O fenômeno do sertanejo, diz a reportagem, representa um desafio para o governo Lula que recebe bem a expansão da economia trazida pelo agronegócio, mas tem de lidar com o desafio ambiental e os efeitos adversos dessa atividade. É que as áreas produtivas avançam tomando o Cerrado e seus grandes proprietários são em geral simpatizantes do ex-presidente Jair Bolsonaro, de extrema direita.
Segundo a reportagem, aliás, Antoniolli, o fazendeiro de Sinop, estava presente nos atos golpistas de 8 de janeiro, conforme relatado por um site de notícias. Ele afirma, porém, que deixou os protestos após o início do vandalismo.
Mesmo o Congresso, também como reflexo do Censo, abre mais acentos ao cinturão do agro, enquanto os aliados de Lula do Nordeste perdem espaço. O governo tem acenado aos ruralistas. Anunciou R$ 364 bilhões em crédito subsidiado a produtores, o maior plano já anunciado ao setor. Os juros desses empréstimos são mais baixos para produtores que utilizarem energia renovável e pesticidas sem químicos. Também o BNDES volta as atenções ao segmento.
Desafio ambiental
Ainda que alguns fazendeiros reconheçam a importância de tornar a agricultura mais sustentável, inclusive para exportar para os grandes mercados mundiais, outros reclamam de regras ambientais. Há os que se opõem e driblam a legislação florestal do país, que sofre com uma fiscalização escassa das atividades.
A previsão do Departamento de Agricultura dos EUA é que o Brasil tenha mais 20 milhões de hectares de áreas com plantações do agro até 2031, em comparação com os 80 milhões de hectares atuais, de acordo com a reportagem. Isso não precisa significar desmatamento, considerando haver 170 milhões de hectares de pastos subutilizados e que poderia ser uma via para expandir a produção de soja.
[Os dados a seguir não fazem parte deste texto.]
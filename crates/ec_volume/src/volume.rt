// All objects by their ids.
ghost use Rattle.std.specs.Prelude.{◌≡◌, ◌≤◌, ℕ, T, true, false, None, Some, Ok, [], ◌∷◌, length, not, MatchOption, IfOk, OnOk, OnErr, IfErr, slice_get, IfSome};
ghost use Rattle.std.specs.Ordering.{nat_cmp};
ghost use Rattle.std.specs.FinMap.{is_sorted};
ghost use Rattle.ec_volume.specs.Image.{is_gone, new_object};
ghost use Rattle.ec_volume.specs.Update.{root, is_sound, operands, first_unfit, fits};
ghost use Rattle.ec_volume.specs.Volume.{images, formatted, after};
ghost use Rattle.ec_volume.specs.declared.image.Kind.TheVariants as kind;
ghost use Rattle.ec_volume.specs.Carry.{renames};
ghost use Rattle.ec_volume.specs.Held.{IsVolume, is_held, changed};
ghost use Rattle.ec_volume.specs.Misfits.{Unfits};

use crate::carry::{carry_out, change_at};
use crate::image::{Image, Kind};
use crate::look::Look;
use crate::shared::SharedImage;
use crate::update::{Update, operands};
use ec_base::{Duplicate, NoMemory, ObjId, SortedMap};
use std::alloc::Global;
use std::marker::Model;
use thiserror::Error;

/// Why an update wasn't applied.
#[derive(Clone, Copy, Debug, Drop, PartialEq, Eq, Error)]
pub enum ApplyFault {
    /// The first operand at which the update doesn't fit.
    #[error("unfit")]
    Unfit(ObjId),
    #[error("out of memory")]
    NoMemory,
}

impl From<NoMemory> for ApplyFault {
    ghost use Rattle.ec_volume.specs.declared.volume.ApplyFault.TheVariants as fault;

    ghost from_gives = { λ _ e. e ≡ fault.NoMemory };

    fn from(_: NoMemory) -> Self {
        ApplyFault::NoMemory
    }
}

/// A volume: its live objects' images by rising ids.
pub struct Volume {
    map: SortedMap<ObjId, SharedImage>,
    // The place of the object that was changed last.
    near: usize,
}

// Who drops one calls this, and needn't take it apart.
impl Drop for Volume {
    fn drop(self) {
        let Volume { map, near: _ } = self;
        drop(map);
    }
}

impl Model for Volume {
    ghost use Rattle.std.specs.Prelude.{ℕ, List};
    ghost use Rattle.ec_volume.specs.declared.image.Image.{Image};

    ghost Value = { List (ℕ × Image) };

    ghost use Rattle.ec_volume.specs.Held.{IsVolume};

    ghost view = { λ a. a.map };

    ghost invariant = { λ a. IsVolume a.map };
}

impl Volume {
    /// The root alone, an empty directory.
    pub fn formatted(alloc: Global) -> Result<Volume, NoMemory>
        ensures images { IfOk result (λ volume. (o : ℕ) → images volume o ≡ formatted o) }
        ensures list { IfOk result (λ volume. volume ≡ (root, new_object kind.Dir) ∷ []) }
    {
        let mut map = SortedMap::new(alloc);
        let root = Image::new_object(alloc, Kind::Dir);
        map.insert(ObjId::root(), SharedImage::new(alloc, root)?)?;
        Ok(Volume { map, near: 0 })
    }

    /// The volume of these images, by rising ids. It takes no memory.
    pub fn of(list: Vec<(ObjId, SharedImage)>) -> Result<Volume, NoMemory>
        requires { IsVolume list.items }
        ensures { result ≡ Ok list.items }
    {
        Ok(Volume {
            map: SortedMap::of(list),
            near: 0,
        })
    }

    /// The image of a live object.
    pub fn look(&self, id: ObjId) -> Option<&Image>
        ensures image { MatchOption result (images self.now id ≡ Image.Gone) (λ image. (images self.now id ≡ image.now) × (is_gone image.now ≡ false)) }
        ensures limits { IfSome result (λ image. is_held image.now ≡ true) }
    {
        match self.map.find(&id, self.near) {
            Some((_, image)) => Some(image.get()),
            None => None,
        }
    }

    /// The image of each id, which stays the volume's too. Those that aren't live are Gone.
    pub fn share(&self, id: ObjId) -> Result<SharedImage, NoMemory>
        ensures { IfOk result (λ image. image ≡ images self.now id) }
    {
        match self.map.find(&id, self.near) {
            Some((_, image)) => image.duplicate(),
            None => Ok(SharedImage::new(*self.map.allocator(), Image::Gone)?),
        }
    }

    /// How many live objects there are.
    pub fn live(&self) -> u32
        ensures count { result ≡ length self.now }
        ensures volume { IsVolume self.now }
    {
        count(self.map.items())
    }

    /// The live objects' images, by rising ids.
    pub fn items(&self) -> &[(ObjId, SharedImage)]
        ensures value { result.now ≡ self.now }
        ensures volume { IsVolume self.now }
    {
        self.map.items()
    }

    /// The live object at a place from 0, by rising ids.
    pub fn at(&self, place: usize) -> Option<(ObjId, &Image)>
        ensures { MatchOption result (length self.now ≤ place) (λ pair. slice_get self.now place ≡ Some (pair.0, pair.1.now)) }
    {
        let (id, image) = self.map.at(place)?;
        Some((*id, image.get()))
    }

    /// Carries out an update where it fits each of its operands.
    pub fn apply(&mut self, update: &Update) -> Result<(), ApplyFault>
        requires { T (is_sound update.now) }
        ensures ok { OnOk result ((o : ℕ) → images self.new o ≡ after (images self.old) (update.now ∷ []) o) }
        ensures changed { OnOk result (self.new ≡ changed update.now self.old) }
        ensures fits { OnOk result (first_unfit update.now (images self.old) (operands update.now) ≡ None) }
        ensures unfit { IfErr result (λ fault. Unfits fault update.now (images self.old)) }
        ensures err { OnErr result (self.new ≡ self.old) }
    {
        match update {
            Update::Put { obj, .. }
            | Update::Len { obj, .. }
            | Update::Mode { obj, .. }
            | Update::Stamp { obj, .. }
            | Update::Owner { obj, .. } => self.apply_itself(update, *obj),
            _ => self.apply_all(update),
        }
    }

    // An update of an object's own parts. The object is looked up once.
    fn apply_itself(&mut self, update: &Update, id: ObjId) -> Result<(), ApplyFault>
        requires sound { T (is_sound update.now) }
        requires itself { renames update.now ≡ false }
        requires operand { operands update.now ≡ id ∷ [] }
        ensures ok { OnOk result ((o : ℕ) → images self.new o ≡ after (images self.old) (update.now ∷ []) o) }
        ensures changed { OnOk result (self.new ≡ changed update.now self.old) }
        ensures fits { OnOk result (first_unfit update.now (images self.old) (operands update.now) ≡ None) }
        ensures unfit { IfErr result (λ fault. Unfits fault update.now (images self.old)) }
        ensures err { OnErr result (self.new ≡ self.old) }
    {
        let Some((place, image)) = self.map.find(&id, self.near) else {
            return Err(ApplyFault::Unfit(id));
        };
        if !image.get().fits(update, id) {
            return Err(ApplyFault::Unfit(id));
        }
        self.near = place;
        Ok(change_at(&mut self.map, update, id, place)?)
    }

    // An update of several objects.
    fn apply_all(&mut self, update: &Update) -> Result<(), ApplyFault>
        requires { T (is_sound update.now) }
        ensures ok { OnOk result ((o : ℕ) → images self.new o ≡ after (images self.old) (update.now ∷ []) o) }
        ensures changed { OnOk result (self.new ≡ changed update.now self.old) }
        ensures fits { OnOk result (first_unfit update.now (images self.old) (operands update.now) ≡ None) }
        ensures unfit { IfErr result (λ fault. Unfits fault update.now (images self.old)) }
        ensures err { OnErr result (self.new ≡ self.old) }
    {
        let ids = operands(*self.map.allocator(), update)?;
        if let Some(id) = self.first_unfit(update, &ids) {
            return Err(ApplyFault::Unfit(id));
        }
        Ok(carry_out(&mut self.map, update)?)
    }

    // The first of the operands at which the update doesn't fit.
    fn first_unfit(&self, update: &Update, ids: &[ObjId]) -> Option<ObjId>
        ensures { result ≡ first_unfit update.now (images self.now) ids.now }
    {
        for id in ids {
            if !self.fits(update, *id) {
                return Some(*id);
            }
        }
        None
    }

    fn fits(&self, update: &Update, id: ObjId) -> bool
        ensures { result ≡ fits update.now id (images self.now id) }
    {
        match self.look(id) {
            Some(image) => image.fits(update, id),
            None => Image::Gone.fits(update, id),
        }
    }
}

impl Look for Volume {
    ghost images = { images };

    fn look(&self, id: ObjId) -> Option<&Image> {
        Volume::look(self, id)
    }
}

impl Duplicate for Volume {
    fn duplicate(&self) -> Result<Self, NoMemory> {
        Ok(Volume {
            map: self.map.duplicate()?,
            near: self.near,
        })
    }
}

// Ids are from 1, so there are no more of them than the last one says.
fn count(items: &[(ObjId, SharedImage)]) -> u32
    requires { T (is_sorted nat_cmp items.now) }
    ensures { result ≡ length items.now }
{
    let (Some((first, _)), Some((last, _))) = (items.first(), items.last()) else {
        return 0;
    };
    let (_low, _high) = (first.get(), last.get());
    items.len() as u32
}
A estimativa é que o plantio de soja em apenas dez milhões desses hectares renderia uma produção de 40 milhões de toneladas por ano por uma década, o que equivale a um décimo do total de hoje, segundo Daniel Amaral, da Associação Brasileira da Indústria de Óleos Vegetais. Poderiam vir ganhos ainda em produtividade e logística.
Do contrário, o temor é de que em locais como Sinop estejam sendo plantadas as sementes para a derrocada do sucesso atual. É que a destruição do Cerrado pode afetar o volume de chuvas na região, havendo ainda o efeito das mudanças climáticas.